== DATA UNDER STUDY
//! The leaves of a tree of columns.
ghost use Rattle.std.specs.Prelude.{◌≡◌, IfOk, IfErr, OnOk, ◌++◌, map};
ghost use Rattle.columns_base.specs.declared.error.Error.TheVariants.{Memory};
ghost use Rattle.pq_tree.specs.Tree.{leaves, leaves_of};
ghost use Rattle.pq_tree.specs.TreeViews.{tree_view, trees_view};
ghost use Rattle.nested_paths.specs.Leaves.{node_of, leaf_node};

use columns_base::Result;
use pq_tree::{ParquetType, PrimitiveType};
use std::alloc::Global;

/// The leaves of a tree, in order, moved out of it (Parquet format, "Nested Encoding").
///
/// # Errors
///
/// `Memory`: memory ran out.
pub fn to_parquet_leaves(alloc: Global, type_: ParquetType) -> Result<Vec<PrimitiveType>>
    ensures ok { IfOk result (λ found. map leaf_node found.items ≡ map node_of (leaves (tree_view type_))) }
    ensures err { IfErr result (λ e. e ≡ Memory) }
{
    let mut found = Vec::new(alloc);
    push_leaves(type_, &mut found)?;
    Ok(found)
}

#[cycle(leaves)]
fn push_leaves(node: ParquetType, found: &mut Vec<PrimitiveType>) -> Result<()>
    ensures ok { OnOk result (map leaf_node found.new.items ≡ map leaf_node found.old.items
        ++ map node_of (leaves (tree_view node))) }
    ensures err { IfErr result (λ e. e ≡ Memory) }
{
    match node {
        ParquetType::PrimitiveType(leaf) => {
            found.push(leaf)?;
            Ok(())
        }
        ParquetType::GroupType { fields, .. } => push_all_leaves(fields, found),
    }
}

#[cycle(leaves)]
fn push_all_leaves(nodes: Vec<ParquetType>, found: &mut Vec<PrimitiveType>) -> Result<()>
    ensures ok { OnOk result (map leaf_node found.new.items ≡ map leaf_node found.old.items
        ++ map node_of (leaves_of (trees_view nodes.items))) }
    ensures err { IfErr result (λ e. e ≡ Memory) }
{
    for node in nodes {
        push_leaves(node, found)?;
    }
    Ok(())
}
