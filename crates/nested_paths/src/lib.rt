//! From an array and its tree of columns to one path and one leaf array for each column (Dremel paper, section 4.2, "Splitting
//! Records into Columns"; Arrow columnar format, "Nested layouts").
#![tactic(auto)]

mod inner;
mod laws;
mod leaves;
mod merge;
mod nodes;
mod paths;
mod tree_leaves;

pub use laws::{
    as_worked, cut_leaves_are_seen, merged_paths_have_columns, paths_are_seen, paths_have_levels,
};
pub use leaves::to_leaves;
pub use merge::{fits_leaf, merge_nulls};
pub use paths::to_nested;
pub use tree_leaves::to_parquet_leaves;
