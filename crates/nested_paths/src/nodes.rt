//! Which nodes of a tree stand for lists, structs and leaves.
ghost use Rattle.std.specs.Prelude.{◌≡◌, option_map};
ghost use Rattle.pq_tree.specs.TreeViews.{tree_view, trees_view, info_view};
ghost use Rattle.nested_paths.specs.Nodes as table;

use pq_tree::{FieldInfo, ParquetType, Repetition};

fn info_of(node: &ParquetType) -> &FieldInfo
    ensures { (info_view result.now None None).repetition ≡ (table.info_of (tree_view node.now)).repetition }
{
    match node {
        ParquetType::PrimitiveType(leaf) => &leaf.field_info,
        ParquetType::GroupType { field_info, .. } => field_info,
    }
}

// Whether what the node stands for may be missing.
pub(crate) fn is_optional(node: &ParquetType) -> bool
    ensures { result ≡ table.is_optional (tree_view node.now) }
{
    info_of(node).repetition != Repetition::Required
}

fn is_repeated(info: &FieldInfo) -> bool
    ensures { result ≡ table.is_repeated (info_view info.now None None) }
{
    info.repetition == Repetition::Repeated
}

// Whether the node stands for a leaf.
pub(crate) fn is_leaf_node(node: &ParquetType) -> bool
    ensures { result ≡ table.is_leaf_node (tree_view node.now) }
{
    match node {
        ParquetType::PrimitiveType(leaf) => !is_repeated(&leaf.field_info),
        ParquetType::GroupType { .. } => false,
    }
}

// The children of a group that is repeated, or is not, as is asked.
fn children_in(node: &ParquetType, asked: bool) -> Option<&[ParquetType]>
    ensures { option_map (λ ts. trees_view ts.now) result ≡ table.children_in asked (tree_view node.now) }
{
    match node {
        ParquetType::PrimitiveType(_) => None,
        ParquetType::GroupType {
            field_info,
            fields,
            ..
        } => {
            if is_repeated(field_info) == asked {
                Some(fields)
            } else {
                None
            }
        }
    }
}

fn only_child(node: &ParquetType, asked: bool) -> Option<&ParquetType>
    ensures { option_map (λ t. tree_view t.now) result ≡ table.only_child asked (tree_view node.now) }
{
    let children = children_in(node, asked)?;
    if children.len() != 1 {
        return None;
    }
    Some(&children[0])
}

// The item of a node that stands for a list or a map.
pub(crate) fn item_node(node: &ParquetType) -> Option<&ParquetType>
    ensures { option_map (λ t. tree_view t.now) result ≡ table.item_node (tree_view node.now) }
{
    only_child(only_child(node, false)?, true)
}

// The fields of a node that stands for a struct.
pub(crate) fn field_nodes(node: &ParquetType) -> Option<&[ParquetType]>
    ensures { option_map (λ ts. trees_view ts.now) result ≡ table.field_nodes (tree_view node.now) }
{
    children_in(node, false)
}
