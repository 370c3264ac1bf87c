//! What is known of the paths of an array.
ghost use Rattle.nested_paths.specs.Examples.{AreWorked};
ghost use Rattle.nested_paths.specs.LeafNulls.{MergedPathsHaveColumns};
ghost use Rattle.nested_paths.specs.Laws.{CutLeavesAreSeen, PathsAreSeen, PathsHaveLevels};

/// The paths that `to_nested` gives, each with the leaf array that `to_leaves` gives at its place, stand for the slots of the array
/// along the way to each leaf. Masks of required nodes are not looked at.
pub fn paths_are_seen()
    ensures { PathsAreSeen }
{}

/// There is a path for each leaf of the tree, in order, and its greatest levels are those of the leaf.
pub fn paths_have_levels()
    ensures { PathsHaveLevels }
{}

/// A cut of a leaf array has the slots that the array had there, masks not looked at. So a path and its leaf that are cut together to some
/// rows stand for these rows, also where the leaf is required and its array has a mask.
pub fn cut_leaves_are_seen()
    ensures { CutLeavesAreSeen }
{}

/// Once the nulls of its leaf array are merged, and it is cut to some rows, a path stands for these rows: the levels that `RepLevelsIter` and
/// `DefLevelsIter` give of it are those of the rows' column, and the leaf array has the column's values. The rows are those that
/// `to_nested` says the path and its leaf array stand for, and a required leaf reaches no null.
pub fn merged_paths_have_columns()
    ensures { MergedPathsHaveColumns }
{}

/// The definitions say of some arrays and trees what they should.
pub fn as_worked()
    ensures { AreWorked }
{}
====
If a line of the data contains "IfOk", copy it out.

ghost use Rattle.std.specs.Prelude.{◌≡◌, IfOk, IfErr, OnOk, ◌++◌, map};
    ensures ok { IfOk result (λ found. map leaf_node found.items ≡ map node_of (leaves (tree_view type_))) }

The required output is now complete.